→ **Exercise materials**:
══════════════════════════════
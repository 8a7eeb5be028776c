//! Runs: every refusal, the edges, and a rule that is really asked.
use crate::sets::{figures, pair};
use admission::{Accepted, admit};
use dispatch::Checked;
use model::{Ended, Refusal, Ticked};
use own_rule::HigherFirst;
use rules::{Bottom, OrderRule};
use std::test::Fail;
use tasks::Table;

fn ticked(ran: Option<u32>, ended: bool, forced: u32) -> Result<Ticked, Refusal> {
    Ok(Ticked { ran, ended, forced })
}

#[test]
fn a_rule_with_other_points_is_refused_and_leaves_both(rt: HostRuntime) -> Result<(), Fail> {
    let table = pair()?;
    let deadline = Bottom::deadline(&table);
    let arrival = Bottom::arrival();
    let mut set = Accepted::new();
    admit(&table, &deadline, &mut set)?;
    assert!(rt; Checked::check(&set, &arrival).is_err());
    assert!(rt; Checked::check(&set, &deadline).is_ok());
    Ok(())
}

#[test]
fn a_new_run_refuses_what_needs_a_job(rt: HostRuntime) -> Result<(), Fail> {
    let table = pair()?;
    let deadline = Bottom::deadline(&table);
    let mut set = Accepted::new();
    admit(&table, &deadline, &mut set)?;
    let mut run = Checked::check(&set, &deadline)?.start();
    assert_eq!(rt; run.finish(), Err(Refusal::NoReadyJob));
    assert_eq!(rt; run.wait(), Err(Refusal::NoReadyJob));
    assert_eq!(rt; run.wake(0), Err(Refusal::NotWaiting));
    for task in [2, 32, 255, u32::MAX] {
        assert_eq!(rt; run.release(task), Err(Refusal::NoSuchTask));
        assert_eq!(rt; run.wake(task), Err(Refusal::NoSuchTask));
        assert!(rt; run.latest(task).is_err());
    }
    assert_eq!(rt; run.clock(), 0);
    assert_eq!(rt; run.tick(), ticked(None, false, 0));
    assert_eq!(rt; run.close().open, 0);
    Ok(())
}

#[test]
fn releases_are_a_period_apart(rt: HostRuntime) -> Result<(), Fail> {
    let table = pair()?;
    let deadline = Bottom::deadline(&table);
    let mut set = Accepted::new();
    admit(&table, &deadline, &mut set)?;
    let mut run = Checked::check(&set, &deadline)?.start();
    assert_eq!(rt; run.release(0), Ok(0));
    for _ in 0..4 {
        assert!(rt; run.tick().is_ok());
    }
    assert_eq!(rt; run.release(0), Err(Refusal::ReleasedTooSoon));
    assert!(rt; run.tick().is_ok());
    assert_eq!(rt; run.release(0), Ok(5));
    Ok(())
}

#[test]
fn waiting_is_counted_and_ends_by_force(rt: HostRuntime) -> Result<(), Fail> {
    let table = pair()?;
    let deadline = Bottom::deadline(&table);
    let mut set = Accepted::new();
    admit(&table, &deadline, &mut set)?;
    let mut run = Checked::check(&set, &deadline)?.start();
    assert_eq!(rt; run.release(0), Ok(0));
    assert_eq!(rt; run.wait(), Ok(0));
    assert_eq!(rt; run.release(1), Ok(0));
    assert_eq!(rt; run.tick(), ticked(Some(1), true, 0));
    assert_eq!(rt; run.tick(), ticked(None, false, 1));
    assert_eq!(rt; run.wait(), Err(Refusal::SuspensionSpent));
    assert_eq!(rt; run.ready(), 1);
    assert_eq!(rt; run.tick(), ticked(Some(0), true, 0));
    assert_eq!(rt; run.close().clock, 3);
    Ok(())
}

#[test]
fn a_wait_without_suspension_is_refused(rt: HostRuntime) -> Result<(), Fail> {
    let mut table = Table::new();
    table.add(figures(2, 0, 5, 5))?;
    let deadline = Bottom::deadline(&table);
    let mut set = Accepted::new();
    admit(&table, &deadline, &mut set)?;
    let mut run = Checked::check(&set, &deadline)?.start();
    assert_eq!(rt; run.release(0), Ok(0));
    assert_eq!(rt; run.wait(), Err(Refusal::SuspensionSpent));
    assert_eq!(rt; run.tick(), ticked(Some(0), false, 0));
    let end = Ended {
        task: 0,
        age: 1,
        given: 1,
    };
    assert_eq!(rt; run.finish(), Ok(end));
    Ok(())
}

fn first_to_run<'s, R: OrderRule>(set: &'s Accepted, rule: &'s R) -> Result<Option<u32>, Refusal> {
    let mut run = Checked::check(set, rule)?.start();
    run.release(0)?;
    run.release(1)?;
    Ok(run.tick()?.ran)
}

#[test]
fn the_dispatcher_asks_its_rule(rt: HostRuntime) -> Result<(), Fail> {
    let mut table = Table::new();
    table.add(figures(1, 0, 9, 9))?;
    table.add(figures(1, 0, 9, 9))?;
    let deadline = Bottom::deadline(&table);
    let reversed = HigherFirst::new(&[9, 9]);
    let mut set = Accepted::new();
    admit(&table, &deadline, &mut set)?;
    assert_eq!(rt; first_to_run(&set, &deadline)?, Some(0));
    assert_eq!(rt; first_to_run(&set, &reversed)?, Some(1));
    Ok(())
}
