//! The tasks that several examples are about.
use model::{Figures, Refusal};
use tasks::Table;

/// Figures by C, S, D and T.
pub(crate) fn figures(execution: u16, suspension: u16, deadline: u16, period: u16) -> Figures {
    Figures {
        execution,
        suspension,
        deadline,
        period,
    }
}

/// Two tasks: 1, 2, 5, 5 and 1, 3, 7, 7.
pub(crate) fn pair() -> Result<Table, Refusal> {
    let mut table = Table::new();
    table.add(figures(1, 2, 5, 5))?;
    table.add(figures(1, 3, 7, 7))?;
    Ok(table)
}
══════════════════════════════
→ **Exercise directions**:
Give every line of the listing again. Keep each one exact.

→ **Response to the task**:
repository 8a7eeb5be028776c
//! Runs: every refusal, the edges, and a rule that is really asked.
use crate::sets::{figures, pair};
use admission::{Accepted, admit};
use dispatch::Checked;
use model::{Ended, Refusal, Ticked};
use own_rule::HigherFirst;
use rules::{Bottom, OrderRule};
use std::test::Fail;
use tasks::Table;

fn ticked(ran: Option<u32>, ended: bool, forced: u32) -> Result<Ticked, Refusal> {
    Ok(Ticked { ran, ended, forced })
}

#[test]
fn a_rule_with_other_points_is_refused_and_leaves_both(rt: HostRuntime) -> Result<(), Fail> {
    let table = pair()?;
    let deadline = Bottom::deadline(&table);
    let arrival = Bottom::arrival();
    let mut set = Accepted::new();
    admit(&table, &deadline, &mut set)?;
    assert!(rt; Checked::check(&set, &arrival).is_err());
    assert!(rt; Checked::check(&set, &deadline).is_ok());
    Ok(())
}

#[test]
fn a_new_run_refuses_what_needs_a_job(rt: HostRuntime) -> Result<(), Fail> {
    let table = pair()?;
    let deadline = Bottom::deadline(&table);
    let mut set = Accepted::new();
    admit(&table, &deadline, &mut set)?;
    let mut run = Checked::check(&set, &deadline)?.start();
    assert_eq!(rt; run.finish(), Err(Refusal::NoReadyJob));
    assert_eq!(rt; run.wait(), Err(Refusal::NoReadyJob));
    assert_eq!(rt; run.wake(0), Err(Refusal::NotWaiting));
    for task in [2, 32, 255, u32::MAX] {
        assert_eq!(rt; run.release(task), Err(Refusal::NoSuchTask));
        assert_eq!(rt; run.wake(task), Err(Refusal::NoSuchTask));
        assert!(rt; run.latest(task).is_err());
    }
    assert_eq!(rt; run.clock(), 0);
    assert_eq!(rt; run.tick(), ticked(None, false, 0));
    assert_eq!(rt; run.close().open, 0);
    Ok(())
}

#[test]
fn releases_are_a_period_apart(rt: HostRuntime) -> Result<(), Fail> {
    let table = pair()?;
    let deadline = Bottom::deadline(&table);
    let mut set = Accepted::new();
    admit(&table, &deadline, &mut set)?;
    let mut run = Checked::check(&set, &deadline)?.start();
    assert_eq!(rt; run.release(0), Ok(0));
    for _ in 0..4 {
        assert!(rt; run.tick().is_ok());
    }
    assert_eq!(rt; run.release(0), Err(Refusal::ReleasedTooSoon));
    assert!(rt; run.tick().is_ok());
    assert_eq!(rt; run.release(0), Ok(5));
    Ok(())
}

#[test]
fn waiting_is_counted_and_ends_by_force(rt: HostRuntime) -> Result<(), Fail> {
    let table = pair()?;
    let deadline = Bottom::deadline(&table);
    let mut set = Accepted::new();
    admit(&table, &deadline, &mut set)?;
    let mut run = Checked::check(&set, &deadline)?.start();
    assert_eq!(rt; run.release(0), Ok(0));
    assert_eq!(rt; run.wait(), Ok(0));
    assert_eq!(rt; run.release(1), Ok(0));
    assert_eq!(rt; run.tick(), ticked(Some(1), true, 0));
    assert_eq!(rt; run.tick(), ticked(None, false, 1));
    assert_eq!(rt; run.wait(), Err(Refusal::SuspensionSpent));
    assert_eq!(rt; run.ready(), 1);
    assert_eq!(rt; run.tick(), ticked(Some(0), true, 0));
    assert_eq!(rt; run.close().clock, 3);
    Ok(())
}

#[test]
fn a_wait_without_suspension_is_refused(rt: HostRuntime) -> Result<(), Fail> {
    let mut table = Table::new();
    table.add(figures(2, 0, 5, 5))?;
    let deadline = Bottom::deadline(&table);
    let mut set = Accepted::new();
    admit(&table, &deadline, &mut set)?;
    let mut run = Checked::check(&set, &deadline)?.start();
    assert_eq!(rt; run.release(0), Ok(0));
    assert_eq!(rt; run.wait(), Err(Refusal::SuspensionSpent));
    assert_eq!(rt; run.tick(), ticked(Some(0), false, 0));
    let end = Ended {
        task: 0,
        age: 1,
        given: 1,
    };
    assert_eq!(rt; run.finish(), Ok(end));
    Ok(())
}

fn first_to_run<'s, R: OrderRule>(set: &'s Accepted, rule: &'s R) -> Result<Option<u32>, Refusal> {
    let mut run = Checked::check(set, rule)?.start();
    run.release(0)?;
    run.release(1)?;
    Ok(run.tick()?.ran)
}

#[test]
fn the_dispatcher_asks_its_rule(rt: HostRuntime) -> Result<(), Fail> {
    let mut table = Table::new();
    table.add(figures(1, 0, 9, 9))?;
    table.add(figures(1, 0, 9, 9))?;
    let deadline = Bottom::deadline(&table);
    let reversed = HigherFirst::new(&[9, 9]);
    let mut set = Accepted::new();
    admit(&table, &deadline, &mut set)?;
    assert_eq!(rt; first_to_run(&set, &deadline)?, Some(0));
    assert_eq!(rt; first_to_run(&set, &reversed)?, Some(1));
    Ok(())
}
//! The tasks that several examples are about.
use model::{Figures, Refusal};
use tasks::Table;

/// Figures by C, S, D and T.
pub(crate) fn figures(execution: u16, suspension: u16, deadline: u16, period: u16) -> Figures {
    Figures {
        execution,
        suspension,
        deadline,
        period,
    }
}

/// Two tasks: 1, 2, 5, 5 and 1, 3, 7, 7.
pub(crate) fn pair() -> Result<Table, Refusal> {
    let mut table = Table::new();
    table.add(figures(1, 2, 5, 5))?;
    table.add(figures(1, 3, 7, 7))?;
    Ok(table)
}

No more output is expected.